Woutherus Mol, “De jonge tekenaar”, 1822 |
In “Voer voor psychologen” schrijft Mulisch: “De schrijver trouwt een vrouw, krijgt kinderen, wordt journalist en schrijft niet meer. De schrijver wordt ziek en kan niet meer schrijven. De schrijver wordt op de tramrails door een meteoor getroffen en is dood. Dit alles is een gebrek aan talent”.
Ik trek me dit aan. Zelfs met mijn journalistieke ambities is het niets geworden. Maar die meteoorinslag is er tot op heden niet geweest. Alles kan nog gebeuren!
In “Voer voor psychologen” beschreef Mulisch ook hoe hij de laatste hand legde aan het manuscript van zijn debuutroman Archibald Strohalm. De laatste zin schreef hij op 31 juli 1951, 22.00 uur: “hetzelfde onweer dat in 1870 woedde boven Rome, toen het Concilie in de Sint Pieter stemde over het dogma der pauselijke onfeilbaarheid”. Diezelfde avond om 24.00 uur sloot de inzendtermijn voor de Reina Prinsen Geerligs-Prijs, dus spoedde Mulisch zich met boezemvriend Jan Blokker van Haarlem naar Amsterdam, waar donder en bliksem losbarstten toen de jongemannen het grachtenhuis van de jurysecretaris bereikten. In nachtgewaad verscheen de secretaris en gedrieën werden zij het erover eens dat een manuscript dat met zoveel hemelvuur gepresenteerd werd, de prijs wel moest winnen. En natuurlijk gebeurde dat ook.

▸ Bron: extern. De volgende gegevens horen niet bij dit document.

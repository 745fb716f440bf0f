//! The locations of the objects of a store, a line for each.

ghost use Rattle.std.specs.Prelude.{◌≡◌, ◌≢◌, ◌↔◌, ◌<◌, ◌≤◌, [], ◌∷◌, ◌++◌, false, true, length, take, IfErr, IfOk, IsErrOf};
ghost use Rattle.id_lookup.specs.Words.{hex_letter, id_digits, spelling};
ghost use Rattle.object_store.specs.Several.{HaveMoreLocations, IsLocationsFaultOfOne};
ghost use Rattle.object_store.specs.Stores.{IsReopened};
ghost use Rattle.packtool_commands.specs.Stores.{AreListed, HasLocatedEach, HasBegunLocatedEach, IsFaultOf, limit_for, lines_at_after, located_lines, location_end, location_line};
ghost use Rattle.packtool_commands.specs.declared.error.StoreError.{StoreError};
ghost use Rattle.streams.specs.Streams.{Wrote, lines_of};

use crate::error::StoreError;
use crate::escaping::{write_before, write_mark};
use crate::line_buffer::{put, put_id};
use crate::line_end::push;
use crate::prefixes::PrefixLines;
use crate::printing::{
    Front, ItemForm, ListForm, NoAnswer, Wanted, limit_for, write_answers, write_two,
};
use crate::reopening::look_up_lines;
use arrayvec::ArrayVec;
use gix_hash::ObjectId;
use itoa::Buffer;
use object_store::{LocatedId, Locating, Location, Reopen, StorePaths};
use std::alloc::Allocator;
use streams::{Sink, WriteFailed, write_all};

// The length of the longest part of a line before the path: 64 digits and a space.
const MAX_START_LEN: usize = 65;

// What is after the path: at most a space, an offset of 20 digits and a line feed.
type End = ArrayVec<u8, 22>;

/// Writes for each of some lines, in order, the locations of the ids of a store that begin with
/// it. Returns why the first line that has no answer has none, or `None` if each has one.
///
/// For each location of an id a line is written: the id, a space, the path of the file that has it,
/// and, for a pack, a space and the offset in the pack, in bytes. The ids are in order, each once,
/// and the locations of each id are in the order of [`Parts::locate`](object_store::Parts::locate).
/// A loose object has a line for each file. Paths are escaped as by
/// [`write_named`](crate::write_named), so none looks like a further line; the backslash of an
/// escaped path is the first byte, before all else.
/// [`find_each`](crate::find_each) says what is written for a line that has no answer.
///
/// The ids of a pack index with a first byte are read once. If they were found in order before,
/// only some of them are read, for each line. If one id is asked for, only the first two of a
/// prefix are located: if a further one has no offset, that is no error. Nothing is written before
/// all locations are found; if a pack index is gone by then, the store is opened again. If the
/// locations are more than `most`, and there are several prefixes, then nothing is written, and
/// [`StoreError::TooMany`] is returned. [`StoreError::Output`] is returned if and only if a write
/// fails, after a proper beginning of the text. The sink must not have failed before.
///
/// ```
/// let lines = PrefixLines::read(rt.alloc(), Kind::Sha1, b"4b8\n4b9\n")?;
/// let why = locate_each(rt.alloc(), &mut store, &lines, Wanted::One, 65_536, &mut out)?;
/// println!(rt; "each of the two is one id: {}", why.is_none())?;
/// ```
pub fn locate_each<S: Reopen + StorePaths, A: Allocator + Copy, W: Sink>(
    alloc: A,
    store: &mut S,
    lines: &PrefixLines<'_, A>,
    wanted: Wanted,
    most: usize,
    out: &mut W,
) -> Result<Option<NoAnswer>, StoreError>
    requires kind { lines.now.kind ≡ (S.view store.old).kind }
    requires listed { AreListed (S.view store.old) lines.now.prefixes.items }
    requires output { W.has_failed out.old ≡ false }
    ensures reopened { IsReopened S.had S.view store.old store.new }
    ensures located { IfOk result (λ why. HasLocatedEach A wanted (S.pack_path store.new)
        (S.loose_paths store.new) (S.view store.new) (lines_of lines.now.text.now) why
        (W.taken out.old) (W.taken out.new)) }
    ensures refused { IfErr result (IsFaultOf (IsLocationsFaultOfOne (limit_for wanted)
        (S.view store.new) lines.now.prefixes.items)) }
    ensures several { IsErrOf result StoreError.TooMany → 1 < length lines.now.prefixes.items }
    ensures more { IsErrOf result StoreError.TooMany → HaveMoreLocations A (limit_for wanted)
        (S.view store.new) (S.loose_paths store.new) most lines.now.prefixes.items }
    ensures untouched { IfErr result (λ e. e ≢ StoreError.Output → out.new ≡ out.old) }
    ensures output { IsErrOf result StoreError.Output ↔ (W.has_failed out.new ≡ true) }
    ensures part { IsErrOf result StoreError.Output → HasBegunLocatedEach A wanted
        (S.pack_path store.new) (S.loose_paths store.new) (S.view store.new)
        (lines_of lines.now.text.now) (W.taken out.old) (W.taken out.new) }
{
    let locating = Locating {
        limit: limit_for(wanted),
    };
    let located = look_up_lines(alloc, store, lines, most, &locating)?;
    let form = ListForm {
        wanted,
        item: LocationsForm { store: &*store },
    };
    Ok(write_answers(lines, &located, &form, out)?)
}

// How an id is printed with its locations in a store: a line for each.
#[derive(Drop)]
struct LocationsForm<'s, S> {
    store: &'s S,
}

impl<S: StorePaths, A: Allocator> ItemForm<LocatedId<A>> for LocationsForm<'_, S> {
    ghost text = { λ form front located. located_lines (S.pack_path form.store.now) front located };

    fn write_after<W: Sink>(
        &self,
        front: &Front<'_>,
        located: &LocatedId<A>,
        out: &mut W,
    ) -> Result<(), WriteFailed> {
        for location in &located.locations {
            write_lines_at(self.store, front, located, location, out)?;
        }
        Ok(())
    }
}

// Writes the lines of an object's location: one of a pack, or one of each file of a loose object.
fn write_lines_at<S: StorePaths, A: Allocator, W: Sink>(
    store: &S,
    front: &Front<'_>,
    located: &LocatedId<A>,
    location: &Location,
    out: &mut W,
) -> Result<(), WriteFailed>
    requires { W.has_failed out.old ≡ false }
    ensures { Wrote W.taken W.has_failed out.old out.new result
        (lines_at_after (S.pack_path store.now) (front.now.line.now ++ front.now.space.now)
        located.now location.now) }
{
    match location {
        Location::Packed { pack, offset } => {
            let path = store.pack_path(*pack);
            write_location(front, &located.id, path, Some(*offset), out)
        }
        Location::Loose => {
            for path in &located.loose_paths {
                write_location(front, &located.id, path.as_str(), None, out)?;
            }
            Ok(())
        }
    }
}

// Writes the line of a location of an object, with a front before its id.
fn write_location<W: Sink>(
    front: &Front<'_>,
    id: &ObjectId,
    path: &str,
    offset: Option<u64>,
    out: &mut W,
) -> Result<(), WriteFailed>
    requires { W.has_failed out.old ≡ false }
    ensures { Wrote W.taken W.has_failed out.old out.new result
        (location_line (front.now.line.now ++ front.now.space.now) (id_digits id.now) path.now
        offset) }
{
    let mut start = [0; MAX_START_LEN];
    let start_len = put_start(id, &mut start);
    write_mark(path, out)?;
    write_two(front.line, front.space, out)?;
    write_all(out, &start[..start_len])?;
    write_before(path, location_end(offset).as_slice(), out)
}

// Writes an id and a space to the start of the buffer, and returns their length.
fn put_start(id: &ObjectId, line: &mut [u8]) -> usize
    requires { length line.old ≡ MAX_START_LEN }
    ensures len { result ≤ MAX_START_LEN }
    ensures text { take result line.new ≡ spelling hex_letter (id_digits id.now) ++ 32 ∷ [] }
{
    let id_end = put_id(line, 0, id.as_oid());
    put(line, id_end, b" ")
}

// What is after the path of a location.
fn location_end(offset: Option<u64>) -> End
    ensures { result.items ≡ location_end offset }
{
    let mut end = End::new();
    if let Some(offset) = offset {
        push(&mut end, b" ");
        push(&mut end, Buffer::new().format(offset).as_bytes());
    }
    push(&mut end, b"\n");
    end
}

De werkelijkheid voegt zich naar grote geesten, meende Mulisch. Bij Beethovens dood was er een groot noodweer. Mulisch stierf zonder noodweer. Bij elk noodweer denk ik aan de pauselijke onfeilbaarheid en schrijf maar weer een stukje, vanuit het niets, zonder idee, zoals God ooit de wereld schiep, zoals Mulisch het wilde. Vandaag geen noodweer. Vandaag ook geen meteoorinslag, bijgevolg.